Landmarks Panel Clears Way for Ground Zero Mosque

Preservation Commission is expected to unanimously vote against bestowing landmark status on the building

A city commission on Tuesday denied landmark status to a building near the World Trade Center site, freeing a group to convert the property into an Islamic community center and mosque that has drawn national opposition.

The Landmarks Preservation Commission voted 9-0, saying the 152-year-old building blocks from the site of the Sept. 11 attacks wasn't special or distinctive enough to meet criteria to qualify as a landmark. Commissioners also said that other buildings from the era were better examples of the building's style.

National and New York politicians and the Anti-Defamation League have come out in recent weeks against plans for the mosque, saying it disrespects the memory of Sept. 11 victims. Mayor Michael Bloomberg, who also chairs the foundation building the Sept. 11 memorial, has defended plans for the mosque.

Bloomberg today joined City Council Chair Christine Quinn and several religious leaders to reiterate his support for the mosque, which has drawn criticism from some Republicans and family members of those who died in the Sept. 11 attacks.

Bloomberg said the firefighters and other first responders who died in the attacks had done so to protect religious freedom.

The mosque would be part of an Islamic community center to be operated by a group called the Cordoba Initiative, which says the center will be a space for moderate Muslim voices.

After today's vote, the American Jewish Committee said the Cordoba Islamic Center "has a right to be built." The group also urged the founders of the center to "urgently address concerns about funding and support for terrorism."

But the Anti-Defamation League's national director, Abraham Foxman, said Khan's proposals fail to address the crux of opponents' criticism that erecting the mosque near ground zero is insensitive to 9/11 victims' families. 

To try and placate opponents, backers of the project are pledging to include a memorial to the victims of  Sept. 11, 2001 terror attacks in the center, the Wall Street Journal reports.

"We've heard and felt their pain, and we're extending ourselves," Daisy Khan, a partner in the building and the wife of the cleric leading the effort, told the WSJ.

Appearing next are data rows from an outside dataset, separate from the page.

//! The net.
ghost use Rattle.std.specs.Prelude.{◌≡◌};

use crate::Ace7End;
use ev_base::{Handle, Mask, Net, NetFailed, NoMemory, Report, Waited};
use ghost_log::EndLog;

/// A net of ends, as one of ends of clients that use ACE 7. Each call makes the same call of the
/// net within. It tells the ends that it took back whether the net within does or not.
#[derive(Drop)]
pub struct Ace7Net<M: Net> {
    net: M,
    retired: EndLog<Ace7End<M::End>>,
    turned_away: EndLog<Ace7End<M::End>>,
}

impl<M: Net> Ace7Net<M> {
    ghost use Rattle.ev_base.specs.Net.{IsNew};
    ghost use Rattle.ace7_input.specs.Nets.{ace7_net_facts, net_within};

    /// A net over this one, which made no call and has nothing attached, retired or turned away.
    pub fn new(net: M) -> Ace7Net<M>
        requires { IsNew (M.facts net) }
        ensures new { IsNew (ace7_net_facts M.facts result) }
        ensures net { net_within result ≡ net }
    {
        Ace7Net {
            net,
            retired: EndLog::none(),
            turned_away: EndLog::none(),
        }
    }

    /// The net within.
    pub fn into_inner(self) -> M
        ensures { result ≡ net_within self }
    {
        let Ace7Net {
            net,
            retired: _,
            turned_away: _,
        } = self;
        net
    }
}

impl<M: Net> Net for Ace7Net<M> {
    ghost use Rattle.ace7_input.specs.Nets.{ace7_net_facts, ace7_net_keeps};

    type End = Ace7End<M::End>;

    ghost facts = { ace7_net_facts M.facts };

    ghost keeps = { ace7_net_keeps M.keeps };

    fn wait(&mut self, most_ms: Option<u64>) -> Waited {
        self.net.wait(most_ms)
    }

    fn report(&self, at: usize) -> Report {
        self.net.report(at)
    }

    fn reserve(&mut self, n: usize) -> Result<(), NoMemory> {
        self.net.reserve(n)
    }

    fn attach(
        &mut self,
        end: &mut Ace7End<M::End>,
        handle: Handle,
        mask: Mask,
    ) -> Result<(), NetFailed> {
        end.attach_to(&mut self.net, handle, mask)
    }

    fn set_mask(&mut self, handle: Handle, mask: Mask) {
        self.net.set_mask(handle, mask);
    }

    fn retire(&mut self, handle: Handle, end: Ace7End<M::End>) {
        self.retired.add(handle.0, &end);
        self.net.retire(handle, end.into_inner());
    }

    fn turn_away(&mut self, end: Ace7End<M::End>) {
        self.turned_away.add(0, &end);
        self.net.turn_away(end.into_inner());
    }

    ghost sound = { λ net steady. M.sound net.net steady };

    ghost keeps_groups = { λ t net keeps. M.keeps_groups t net.net keeps };
}
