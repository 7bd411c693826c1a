//! A header that is not whole yet.
ghost use Rattle.std.specs.Prelude.{◌≡◌, ◌≤◌, ◌<◌, ◌∷◌, [], slice_index, take};

use crate::place::{Place, after};

/// How many bytes a header has before its last one.
const ALL_BUT_ONE: usize = 7;

/// A header of which 1 to 7 bytes came. The first is an order octet.
#[derive(Clone, Copy)]
pub(crate) struct Begun {
    bytes: [u8; 8],
    count: usize,
    ghost some: { 1 ≤ count },
    ghost few: { count < 8 },
    ghost version: { slice_index bytes 0 < 4 },
}

impl Begun {
    ghost use Rattle.ace7_input.specs.Places.{Passes};
    ghost use Rattle.ace7_input.specs.declared.place.Place.TheVariants.{Header};

    /// A header of which the order octet came.
    pub(crate) fn new(octet: u8) -> Begun
        requires { octet < 4 }
        ensures count { result.count ≡ 1 }
        ensures octet { take 1 result.bytes ≡ octet ∷ [] }
    {
        Begun {
            bytes: [octet, 0, 0, 0, 0, 0, 0, 0],
            count: 1,
        }
    }

    /// Where the next byte stands after one more.
    pub(crate) fn add(self, byte: u8) -> Place
        ensures { Passes (Header self) (byte ∷ []) (byte ∷ []) result }
    {
        let Begun { mut bytes, count } = self;
        bytes[count] = byte;
        if count < ALL_BUT_ONE {
            return Place::Header(Begun {
                bytes,
                count: count + 1,
            });
        }
        after(&bytes)
    }
}
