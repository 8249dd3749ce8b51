// The training table of document 01, built in: the program Simple of document 004 with three threads; and its table of two threads with a
// true/false mutex.
#![tactic(auto)]

ghost use Rattle.std.specs.Prelude.{◌≡◌};
ghost use Rattle.files.specs.Layout.{numbers_of};
ghost use Rattle.training.specs.Training.{training, mutex};

// 576 numbers, all below 128, so that each is one byte of the file. The step rows of a thread at a shared store have a line.
#[rattlefmt::skip]
const TRAINING: [u8; 576] = [
    // version, threads, shared stores, local stores, frames, failed, initial shared store; initial local stores
    1, 3, 8, 7, 0, 7, 1,  0, 0, 0,
    // step rows
    90,
    0, 0, 0, 2, 1,  0, 0, 1, 0, 2,  0, 0, 2, 1, 3,  0, 0, 3, 0, 6,  0, 0, 4, 0, 5,
    0, 1, 0, 3, 1,  0, 1, 1, 0, 2,  0, 1, 3, 1, 4,  0, 1, 4, 1, 5,
    0, 2, 1, 2, 2,  0, 2, 2, 3, 3,  0, 2, 3, 2, 6,  0, 2, 4, 0, 5,
    0, 3, 1, 2, 2,  0, 3, 3, 3, 4,  0, 3, 4, 1, 5,
    0, 4, 1, 4, 2,  0, 4, 2, 5, 3,  0, 4, 3, 4, 6,  0, 4, 4, 0, 5,
    0, 5, 1, 4, 2,  0, 5, 3, 5, 4,  0, 5, 4, 1, 5,
    0, 6, 1, 6, 2,  0, 6, 2, 7, 3,  0, 6, 3, 6, 6,  0, 6, 4, 0, 5,
    0, 7, 1, 6, 2,  0, 7, 3, 7, 4,  0, 7, 4, 1, 5,
    1, 0, 0, 4, 1,  1, 0, 1, 0, 2,  1, 0, 2, 1, 3,  1, 0, 3, 0, 6,  1, 0, 4, 0, 5,
    1, 1, 0, 5, 1,  1, 1, 1, 0, 2,  1, 1, 3, 1, 4,  1, 1, 4, 1, 5,
    1, 2, 1, 2, 2,  1, 2, 2, 3, 3,  1, 2, 3, 2, 6,  1, 2, 4, 0, 5,
    1, 3, 1, 2, 2,  1, 3, 3, 3, 4,  1, 3, 4, 1, 5,
    1, 4, 1, 4, 2,  1, 4, 2, 5, 3,  1, 4, 3, 4, 6,  1, 4, 4, 0, 5,
    1, 5, 1, 4, 2,  1, 5, 3, 5, 4,  1, 5, 4, 1, 5,
    1, 6, 1, 6, 2,  1, 6, 2, 7, 3,  1, 6, 3, 6, 6,  1, 6, 4, 0, 5,
    1, 7, 1, 6, 2,  1, 7, 3, 7, 4,  1, 7, 4, 1, 5,
    2, 0, 0, 6, 1,  2, 0, 1, 0, 2,  2, 0, 2, 1, 3,  2, 0, 3, 0, 6,  2, 0, 4, 0, 5,
    2, 1, 0, 7, 1,  2, 1, 1, 0, 2,  2, 1, 3, 1, 4,  2, 1, 4, 1, 5,
    2, 2, 1, 2, 2,  2, 2, 2, 3, 3,  2, 2, 3, 2, 6,  2, 2, 4, 0, 5,
    2, 3, 1, 2, 2,  2, 3, 3, 3, 4,  2, 3, 4, 1, 5,
    2, 4, 1, 4, 2,  2, 4, 2, 5, 3,  2, 4, 3, 4, 6,  2, 4, 4, 0, 5,
    2, 5, 1, 4, 2,  2, 5, 3, 5, 4,  2, 5, 4, 1, 5,
    2, 6, 1, 6, 2,  2, 6, 2, 7, 3,  2, 6, 3, 6, 6,  2, 6, 4, 0, 5,
    2, 7, 1, 6, 2,  2, 7, 3, 7, 4,  2, 7, 4, 1, 5,
    // push rows, pop rows
    0, 0,
    // error rows
    28,
    0, 0, 2, 2,  0, 0, 2, 3,  0, 0, 2, 4,
    0, 0, 3, 2,  0, 0, 3, 3,  0, 0, 3, 4,
    0, 0, 4, 2,  0, 0, 4, 3,  0, 0, 4, 4,
    0, 2, 0, 2,  0, 2, 0, 3,  0, 2, 0, 4,
    0, 2, 2, 0,  0, 2, 3, 0,  0, 2, 4, 0,
    0, 3, 0, 2,  0, 3, 0, 3,  0, 3, 0, 4,
    0, 3, 2, 0,  0, 3, 3, 0,  0, 3, 4, 0,
    0, 4, 0, 2,  0, 4, 0, 3,  0, 4, 0, 4,
    0, 4, 2, 0,  0, 4, 3, 0,  0, 4, 4, 0,
    1, 0, 0, 0,
];

// The same with two threads and a true/false mutex: 173 numbers, all below 128. Its step rows stand as above.
#[rattlefmt::skip]
const MUTEX: [u8; 173] = [
    1, 2, 4, 7, 0, 7, 1,  0, 0,
    32,
    0, 0, 0, 2, 1,  0, 0, 1, 0, 2,  0, 0, 2, 1, 3,  0, 0, 3, 0, 6,  0, 0, 4, 0, 5,
    0, 1, 0, 3, 1,  0, 1, 1, 0, 2,  0, 1, 3, 1, 4,  0, 1, 4, 1, 5,
    0, 2, 1, 2, 2,  0, 2, 2, 3, 3,  0, 2, 3, 2, 6,  0, 2, 4, 0, 5,
    0, 3, 1, 2, 2,  0, 3, 3, 3, 4,  0, 3, 4, 1, 5,
    1, 0, 0, 2, 1,  1, 0, 1, 0, 2,  1, 0, 2, 1, 3,  1, 0, 3, 0, 6,  1, 0, 4, 0, 5,
    1, 1, 0, 3, 1,  1, 1, 1, 0, 2,  1, 1, 3, 1, 4,  1, 1, 4, 1, 5,
    1, 2, 1, 2, 2,  1, 2, 2, 3, 3,  1, 2, 3, 2, 6,  1, 2, 4, 0, 5,
    1, 3, 1, 2, 2,  1, 3, 3, 3, 4,  1, 3, 4, 1, 5,
    // push rows, pop rows, error rows
    0, 0, 0,
];

// The file of the training table.
pub fn file() -> [u8; 576]
    ensures { result ≡ numbers_of training }
{
    TRAINING
}

// The file of the table with the true/false mutex.
pub fn mutex_file() -> [u8; 173]
    ensures { result ≡ numbers_of mutex }
{
    MUTEX
}
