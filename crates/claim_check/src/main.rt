// The program `claim_check TABLE CLAIM`: checks the claim in a file against the table in another. Prints that it is accepted, with its count of
// facts; or the refusal. Why it is refused, and what is wrong with a file, is said on standard error.
#![tactic(auto)]

use claim_check_call::answer::claim_reply_of;
use claim_check_call::check::check_claim;
use claim_report::checked::checked_line;
use files::header::MOST_FACTS;
use inputs::memory::zeros;
use inputs::reading::{has_argument, read_argument, read_table};
use inputs::telling::{Said, Say, print, say_refusal};
use std::rt::{Env, Files};

// The room for a claim. Of a file that is longer, what comes back of so many bytes comes back of the whole (`claims:Cuts.claim_check_cut`).
const CLAIM_ROOM: usize = MOST_FACTS + 9;

// Checks a claim against a table, and prints the answer; a refusal is said in words too.
fn run(rt: &(impl Print + Say), table: &[u8], claim: &[u8]) -> Result<(), Said> {
    let mut mem: [u8; MOST_FACTS] = zeros();
    let answer = check_claim(table, claim, &mut mem);
    print(rt, checked_line(answer).as_bytes())?;
    say_refusal(rt, claim_reply_of(answer));
    Ok(())
}

// Reads the claim, and checks it against a table.
fn check_against(rt: &(impl Env + Files + Print + Say), table: &[u8]) -> Result<(), Said> {
    let mut claim: [u8; CLAIM_ROOM] = zeros();
    let count = read_argument(rt, 2, &mut claim)?;
    run(rt, table, &claim[..count])
}

fn main(rt: HostRuntime) {
    if !has_argument(&rt, 2) || has_argument(&rt, 3) {
        rt.say(b"usage: claim_check TABLE CLAIM\n");
        return;
    }
    // what comes back of so many bytes comes back of the whole file (`claims:Cuts.claim_check_cut`)
    let mut table = [0u8; 65536];
    if let Ok(count) = read_table(&rt, &mut table) {
        let _ = check_against(&rt, &table[..count]);
    }
}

On Staten Island, in Sheepshead Bay and at Ground Zero, plans to open new Mosques are being met with fierce opposition, and none more heatedly than the one that could end up at 45-47 Park Place near the site of the 9/11 attacks.

Earlier in the month, Republican hopeful for Governor, Rick Lazio, called on Attorney General Andrew Cuomo, his Democratic opponent, to investigate the group behind the proposed Mosque and Islamic Community center a few blocks from the World Trade Center.

Citing the New York Post, Lazio questioned the sympathies of the center, called the Cordoba House, to known terror groups and also where the center will get its funding, stating that “the people have a right to know if this ‘charity’ is using its resources in a legitimate, legal, and charitable way.”

Mayor Michael Bloomberg responded to Lazio’s comments, saying that investigating or vetting religious organizations goes against what the nation stands for.

In May, Community Board 1 approved the Cordoba House.